Bundan dolayı Kongre’de bu kriz yaşanırken Amerika’nın Rusya’ya, daha doğrusu Putin’e ‘Hayır, ben daha üstünüm, daha yapabileceğim şeyler var, beni sıkıştırdığın köşeden ben gayet rahat çıkabilirim’ gibi bir mesaj vermesi lazım.”
‘AVRUPA, SAVAŞI KENDİ SAVAŞI OLARAK KABUL ETMEYE BAŞLIYOR’

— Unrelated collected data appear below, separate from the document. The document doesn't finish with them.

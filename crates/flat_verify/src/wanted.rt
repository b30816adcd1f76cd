//! What the steps of a function want to be known, in the order of its items.
ghost use Rattle.std.specs.Prelude.{◌≡◌, ◌&&◌, ◌++◌, map, IfOk, OnOk};
ghost use Rattle.flat_code.specs.CodeViews.{step_of, steps_of};
ghost use Rattle.flat_code.specs.SequenceViews.{sequence_of};
ghost use Rattle.flat_discipline.specs.Items.Item.{Plain, Checks};
ghost use Rattle.flat_discipline.specs.Breaks.{fits, is_plain, address, reads};
ghost use Rattle.flat_verify.specs.ItemViews.{as_item, as_items};
ghost use Rattle.flat_verify.specs.Links.{demand, read_facts, inside, inside_demands, all_inside, demands_all};
ghost use Rattle.flat_verify.specs.Links as link;
ghost use Rattle.flat_verify.specs.Settings.{setting_of};
ghost use Rattle.flat_verify.specs.Views.{demand_of};

use crate::demands::{facts_wanted, places_sum, push_own_all, shared, step_places, steps_places};
use crate::effects::{operands, pointer_of, sequence_steps};
use crate::facts::{Demand, Fact};
use crate::items::{FlatItem, all_places, places};
use crate::setting::Setting;
use crate::sheets::NoMemory;
use crate::steps::{fits, is_plain, reads};
use flat_code::code::FlatStep;
use flat_code::recognize::FlatSequence;
use std::alloc::Global;

/// What the steps of a sequence are asked about: its operands, and what is known before the item at a place.
#[derive(Clone, Copy)]
struct Given<'a> {
    operands: &'a [u32],
    at: u32,
}

// The demand of a step inside a sequence.
fn inside(
    alloc: Global,
    setting: &Setting,
    given: &Given,
    levels: u32,
    step: &FlatStep,
    place: u32,
) -> Result<Demand, NoMemory>
    ensures { IfOk result (λ d. demand_of d ≡ inside (setting_of setting.now) given.now.operands.now given.now.at levels (step_of step.now) place) }
{
    let values = reads(alloc, step)?;
    let both = shared(alloc, given.operands, &values)?;
    let mut facts = Vec::new(alloc);
    push_own_all(&mut facts, &both)?;
    Ok(Demand {
        place,
        at: given.at,
        fits: fits(setting.functions, setting.function, levels, step),
        facts,
    })
}

// The demands of a step inside a sequence, with those of the steps in it.
#[cycle(inside)]
#[tactic(auto, using(flat_code::proofs::CodeViewed::flat_views, crate::proofs::Sized::item_places))]
fn push_inside_demands(
    alloc: Global,
    setting: &Setting,
    given: &Given,
    levels: u32,
    step: &FlatStep,
    place: u32,
    demands: &mut Vec<Demand>,
) -> Result<(), NoMemory>
    ensures { OnOk result (map demand_of demands.new.items ≡ map demand_of demands.old.items
        ++ inside_demands (setting_of setting.now) given.now.operands.now given.now.at levels (step_of step.now) place) }
{
    match step {
        FlatStep::If { cond: _, yes, no } => {
            let demand = inside(alloc, setting, given, levels, step, place)?;
            demands.push(demand)?;
            let first = places_sum(place, 1)?;
            push_all_inside(alloc, setting, given, levels, yes, first, demands)?;
            let size = steps_places(yes)?;
            let second = places_sum(first, size)?;
            push_all_inside(alloc, setting, given, levels, no, second, demands)?;
            Ok(())
        }
        FlatStep::Block { body } => {
            let deeper = places_sum(levels, 1)?;
            let first = places_sum(place, 1)?;
            push_all_inside(alloc, setting, given, deeper, body, first, demands)?;
            Ok(())
        }
        FlatStep::Loop { body } => {
            let deeper = places_sum(levels, 1)?;
            let first = places_sum(place, 1)?;
            push_all_inside(alloc, setting, given, deeper, body, first, demands)?;
            Ok(())
        }
        FlatStep::Inner { body } => {
            let deeper = places_sum(levels, 1)?;
            let first = places_sum(place, 1)?;
            push_all_inside(alloc, setting, given, deeper, body, first, demands)?;
            Ok(())
        }
        _ => {
            let demand = inside(alloc, setting, given, levels, step, place)?;
            demands.push(demand)?;
            Ok(())
        }
    }
}

// The demands of these steps inside a sequence.
#[cycle(inside)]
#[tactic(auto, using(crate::proofs::Sized::item_places, crate::proofs::Sized::next_places))]
fn push_all_inside(
    alloc: Global,
    setting: &Setting,
    given: &Given,
    levels: u32,
    steps: &[FlatStep],
    place: u32,
    demands: &mut Vec<Demand>,
) -> Result<(), NoMemory>
    ensures { OnOk result (map demand_of demands.new.items ≡ map demand_of demands.old.items
        ++ all_inside (setting_of setting.now) given.now.operands.now given.now.at levels (steps_of steps.now) place) }
{
    let mut next = place;
    for step in steps {
        push_inside_demands(alloc, setting, given, levels, step, next, demands)?;
        let size = step_places(step)?;
        next = places_sum(next, size)?;
    }
    Ok(())
}

// The demands of a sequence: its pointer is untainted, and its steps are given what they read.
fn push_sequence(
    alloc: Global,
    setting: &Setting,
    levels: u32,
    sequence: FlatSequence,
    place: u32,
    demands: &mut Vec<Demand>,
) -> Result<(), NoMemory>
    ensures { OnOk result (map demand_of demands.new.items ≡ map demand_of demands.old.items
        ++ link.demands setting.now.exponent (setting_of setting.now) levels (Checks (sequence_of sequence)) place) }
{
    let (value, further) = pointer_of(sequence);
    let used = places_sum(place, further)?;
    let facts = vec![in alloc; Fact::Clean(value)]?;
    demands.push(Demand {
        place: used,
        at: place,
        fits: true,
        facts,
    })?;
    let operands = operands(alloc, sequence)?;
    let steps = sequence_steps(alloc, setting.exponent, sequence)?;
    let given = Given {
        operands: &operands,
        at: place,
    };
    push_all_inside(alloc, setting, &given, levels, &steps, place, demands)?;
    Ok(())
}

// The demand of a plain step.
fn plain_demand(
    alloc: Global,
    setting: &Setting,
    levels: u32,
    step: &FlatStep,
    place: u32,
) -> Result<Demand, NoMemory>
    ensures { IfOk result (λ d. demand_of d ≡ demand place place (fits (setting_of setting.now) levels (step_of step.now) && is_plain (step_of step.now))
        (read_facts (address (step_of step.now)) (reads (step_of step.now)))) }
{
    let facts = facts_wanted(alloc, step)?;
    let fits = fits(setting.functions, setting.function, levels, step) && is_plain(step);
    Ok(Demand {
        place,
        at: place,
        fits,
        facts,
    })
}

// The same behind other demands.
fn push_plain(
    alloc: Global,
    setting: &Setting,
    levels: u32,
    step: &FlatStep,
    place: u32,
    demands: &mut Vec<Demand>,
) -> Result<(), NoMemory>
    ensures { OnOk result (map demand_of demands.new.items ≡ map demand_of demands.old.items
        ++ link.demands setting.now.exponent (setting_of setting.now) levels (Plain (step_of step.now)) place) }
{
    let demand = plain_demand(alloc, setting, levels, step, place)?;
    demands.push(demand)?;
    Ok(())
}

// The demands of an item, with those of the items in it.
#[cycle(demands)]
#[tactic(auto, using(crate::proofs::ItemViewed::item_views, crate::proofs::ItemWalk::item_places))]
fn push_demands(
    alloc: Global,
    setting: &Setting,
    levels: u32,
    item: &FlatItem,
    place: u32,
    demands: &mut Vec<Demand>,
) -> Result<(), NoMemory>
    ensures { OnOk result (map demand_of demands.new.items ≡ map demand_of demands.old.items
        ++ link.demands setting.now.exponent (setting_of setting.now) levels (as_item item.now) place) }
{
    match item {
        FlatItem::Plain { step } => {
            push_plain(alloc, setting, levels, step, place, demands)?;
            Ok(())
        }
        FlatItem::Checks { sequence } => {
            push_sequence(alloc, setting, levels, *sequence, place, demands)?;
            Ok(())
        }
        FlatItem::If { cond, yes, no } => {
            let facts = vec![in alloc; Fact::Own(*cond)]?;
            demands.push(Demand {
                place,
                at: place,
                fits: *cond < setting.function.values,
                facts,
            })?;
            let first = places_sum(place, 1)?;
            push_demands_all(alloc, setting, levels, yes, first, demands)?;
            let size = all_places(yes)?;
            let second = places_sum(first, size)?;
            push_demands_all(alloc, setting, levels, no, second, demands)?;
            Ok(())
        }
        FlatItem::Block { body } => {
            let deeper = places_sum(levels, 1)?;
            let first = places_sum(place, 1)?;
            push_demands_all(alloc, setting, deeper, body, first, demands)?;
            Ok(())
        }
        FlatItem::Loop { body } => {
            let deeper = places_sum(levels, 1)?;
            let first = places_sum(place, 1)?;
            push_demands_all(alloc, setting, deeper, body, first, demands)?;
            Ok(())
        }
        FlatItem::Inner { body } => {
            let deeper = places_sum(levels, 1)?;
            let first = places_sum(place, 1)?;
            push_demands_all(alloc, setting, deeper, body, first, demands)?;
            Ok(())
        }
    }
}

/// The demands of items that stand from a place on, within so many constructs that an `Exit` can leave.
#[cycle(demands)]
#[tactic(auto, using(crate::proofs::ItemViewed::item_views, crate::proofs::ItemWalk::item_places))]
pub(crate) fn push_demands_all(
    alloc: Global,
    setting: &Setting,
    levels: u32,
    items: &[FlatItem],
    place: u32,
    demands: &mut Vec<Demand>,
) -> Result<(), NoMemory>
    ensures { OnOk result (map demand_of demands.new.items ≡ map demand_of demands.old.items
        ++ demands_all setting.now.exponent (setting_of setting.now) levels (as_items items.now) place) }
{
    let mut next = place;
    for item in items {
        push_demands(alloc, setting, levels, item, next, demands)?;
        let size = places(item)?;
        next = places_sum(next, size)?;
    }
    Ok(())
}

Rusya-Ukrayna savaşında genel anlamda Avrupa ülkelerinin takındığı tutum ve yaklaşımı da değerlendiren Öney, Avrupa’nın ABD olsun ya da olmasın, ABD’nin konuyla ilgili duruşu ne olursa olsun savaşı kendi savaşı olarak kabul etmeye başladığının altını çizdi:
“Avrupa, bunu artık İkinci Dünya Savaşı’ndan sonra tekrar içinde olduğu bir savaş gibi yorumlamaya başlıyor. Rusya’daki Navalni konusu da bunun bir göstergesi olarak algılanıyor. Sağı solu belli değil, yarın öbür gün ne yapacağı belli değil… Mesela (Rusya'nın eski cumhurbaşkanı ve Güvenlik Konseyi Başkan Yardımcısı Dmitriy) Medvedev’in kalkıp savaşta herhangi bir kayıp noktasına gelirlerse nükleer opsiyonuna gidebilecek olmaları açıklaması artık deli saçması gibi de gözükmüyor.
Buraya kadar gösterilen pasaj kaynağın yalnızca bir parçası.